*What is being asked*
The answer must consist of every line below that contains the word "tokens".

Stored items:
====

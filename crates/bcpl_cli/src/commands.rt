//! The table of commands: their arguments, options and help texts.

use crate::grammar::{Argument, CommandSpec, Constraint, Form, Numbers, with_commands};
use crate::serving::LSP;
use crate::version::VERSION;
use clap::Command;
use std::alloc::{AllocError, Global};

/// When explanations of a refusal are printed.
const PLACES: Argument = Argument {
    name: "places",
    form: Form::Option("WHEN"),
    constraint: Constraint::Free,
    help: "Explain refusals after their first line: always, never or auto (on a terminal) [default: BCPL_PLACES, or auto]",
};

/// How messages are printed.
const MESSAGES: Argument = Argument {
    name: "messages",
    form: Form::Option("FORM"),
    constraint: Constraint::Free,
    help: "Print messages as text, or as json: one object a line [default: BCPL_MESSAGES, or text]",
};

/// How many errors are explained.
const ERRORS: Argument = Argument {
    name: "errors",
    form: Form::Option("HOW"),
    constraint: Constraint::Free,
    help: "Explain all errors of each file, with all, instead of the first 20",
};

/// A further library, compiled after BLIB and before the files.
const LIBRARY: Argument = Argument {
    name: "library",
    form: Form::Option("LIBRARY"),
    constraint: Constraint::Free,
    help: "Also link this library: ext (EXTLIB, declared by EXTHDR)",
};

/// A file for GET.
const GET: Argument = Argument {
    name: "get",
    form: Form::Repeated("NAME=PATH"),
    constraint: Constraint::Free,
    help: "Use file PATH for GET \"NAME\" (LIBHDR is always the built-in header)",
};

/// A folder with files for GET.
const INCLUDE: Argument = Argument {
    name: "include",
    form: Form::LetteredRepeated("DIR", 'I'),
    constraint: Constraint::Free,
    help: "Look in folder DIR for a GET \"NAME\" that no source has",
};

/// A further input stream.
const IN: Argument = Argument {
    name: "in",
    form: Form::Repeated("NAME=PATH"),
    constraint: Constraint::Free,
    help: "Attach file PATH as the input stream NAME",
};

/// A further output stream.
const TO: Argument = Argument {
    name: "to",
    form: Form::Repeated("NAME=PATH"),
    constraint: Constraint::Free,
    help: "Attach file PATH as the output stream NAME",
};

/// One or more sources.
const FILES: Argument = Argument {
    name: "FILE",
    form: Form::Words("FILE", 1),
    constraint: Constraint::Required,
    help: "BCPL source files, one section each; - is standard input",
};

/// One or more texts, of which - is the name of a file.
const TEXTS: Argument = Argument {
    name: "TEXT",
    form: Form::Words("TEXT", 1),
    constraint: Constraint::Required,
    help: "INTCODE text files, linked in this order; /dev/stdin is standard input",
};

/// Writes files with several names in place.
const KEEP_LINKS: Argument = Argument {
    name: "keep-links",
    form: Form::Flag,
    constraint: Constraint::Free,
    help: "Write an output that has further hard links in place, so that they lead to the new content too",
};

/// Suppresses warnings.
const NO_WARNINGS: Argument = Argument {
    name: "no-warnings",
    form: Form::Flag,
    constraint: Constraint::Free,
    help: "Don't warn about valid code that is probably a mistake",
};

/// Ends a run at probable mistakes too.
const STRICT: Argument = Argument {
    name: "strict",
    form: Form::Flag,
    constraint: Constraint::Free,
    help: "Stop also at accesses that are lawful and nearly always mistakes",
};

const BUILD: CommandSpec = CommandSpec {
    name: "build",
    about: "Compiles BCPL sources to INTCODE text and certifies that the code is as short as possible",
    more: "Each FILE is one section and becomes one segment. The library BLIB is compiled first, as the first segment;\n\
           sources declare it with GET \"LIBHDR\". With --library ext, EXTLIB follows it; GET \"EXTHDR\" declares both.\n\
           With --lean, its source is cut before it is compiled: a program that calls a routine of the library by the\n\
           number of its global, and not by its name, must not be built so.\n\n\
           On success, prints `ok`, the number of segments, the number of certificate entries, and the address at which\n\
           the stack begins.\n\n\
           Exit status: 0 success, 1 refused, 3 invalid arguments.\n\n\
           Example:\n  bcpl build --out hello.int --cert hello.cert hello.bcpl",
    arguments: &[
        Argument {
            name: "out",
            form: Form::Lettered("OUT", 'o'),
            constraint: Constraint::Required,
            help: "Write the INTCODE text to this file; - is standard output",
        },
        Argument {
            name: "cert",
            form: Form::Option("CERT"),
            constraint: Constraint::Free,
            help: "Write the certificate to this file",
        },
        Argument {
            name: "get",
            form: Form::Repeated("NAME=PATH"),
            constraint: Constraint::Free,
            help: "Use file PATH for GET \"NAME\" (the first source of a name counts, and LIBHDR is always the built-in header)",
        },
        INCLUDE,
        LIBRARY,
        Argument {
            name: "lean",
            form: Form::Flag,
            constraint: Constraint::Free,
            help: "Link only those routines of the library whose names occur in the sources, and what these need",
        },
        Argument {
            name: "no-library",
            form: Form::Flag,
            constraint: Constraint::Without(&["lean"]),
            help: "Write a text without the library, to be linked with a text that has it",
        },
        KEEP_LINKS,
        Argument {
            name: "tame",
            form: Form::Flag,
            constraint: Constraint::Without(&["lean", "no-library"]),
            help: "Refuse the program unless it is tame, as the command `tame` decides",
        },
        PLACES,
        MESSAGES,
        ERRORS,
        NO_WARNINGS,
        Argument {
            name: "FILE",
            form: Form::Words("FILE", 1),
            constraint: Constraint::Required,
            help: "BCPL source files, one section each; /dev/stdin is standard input",
        },
    ],
};

const SHOW: CommandSpec = CommandSpec {
    name: "show",
    about: "Lists the tokens, the syntax tree, the canonical spelling, the scopes or the code of a source",
    more: "tokens: each token with its line and column, and the line breaks that count as semicolons\n\
           tree:   the syntax tree, a node per line with its place; as a graph or as JSON with --form\n\
           source: the same tree as BCPL, in canonical spelling and layout, which compiles to the same code\n\
           scopes: the frame of each routine; statics, tables and strings; globals and what sets them\n\
           code:   each source line followed by its INTCODE, with the size and rules of each expression, and what\n\
           \x20       these rules mean; without its comments, the listing is the file's segment\n\n\
           Exit status: 0 success, 1 refused, 3 invalid arguments.\n\n\
           Examples:\n  bcpl show code hello.bcpl\n  bcpl show tree --form dot hello.bcpl | dot -Tsvg > hello.svg",
    arguments: &[
        Argument {
            name: "LISTING",
            form: Form::Word("LISTING"),
            constraint: Constraint::Required,
            help: "What to list: tokens, tree, source, scopes or code",
        },
        Argument {
            name: "form",
            form: Form::Option("FORM"),
            constraint: Constraint::Free,
            help: "Print the tree as indented lines (tree), as a graph for dot (dot) or as JSON (json) [default: tree]",
        },
        GET,
        INCLUDE,
        LIBRARY,
        PLACES,
        MESSAGES,
        Argument {
            name: "FILE",
            form: Form::Word("FILE"),
            constraint: Constraint::Required,
            help: "The BCPL source file; - is standard input",
        },
    ],
};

====

*Output*
    about: "Lists the tokens, the syntax tree, the canonical spelling, the scopes or the code of a source",
    more: "tokens: each token with its line and column, and the line breaks that count as semicolons\n\
            help: "What to list: tokens, tree, source, scopes or code",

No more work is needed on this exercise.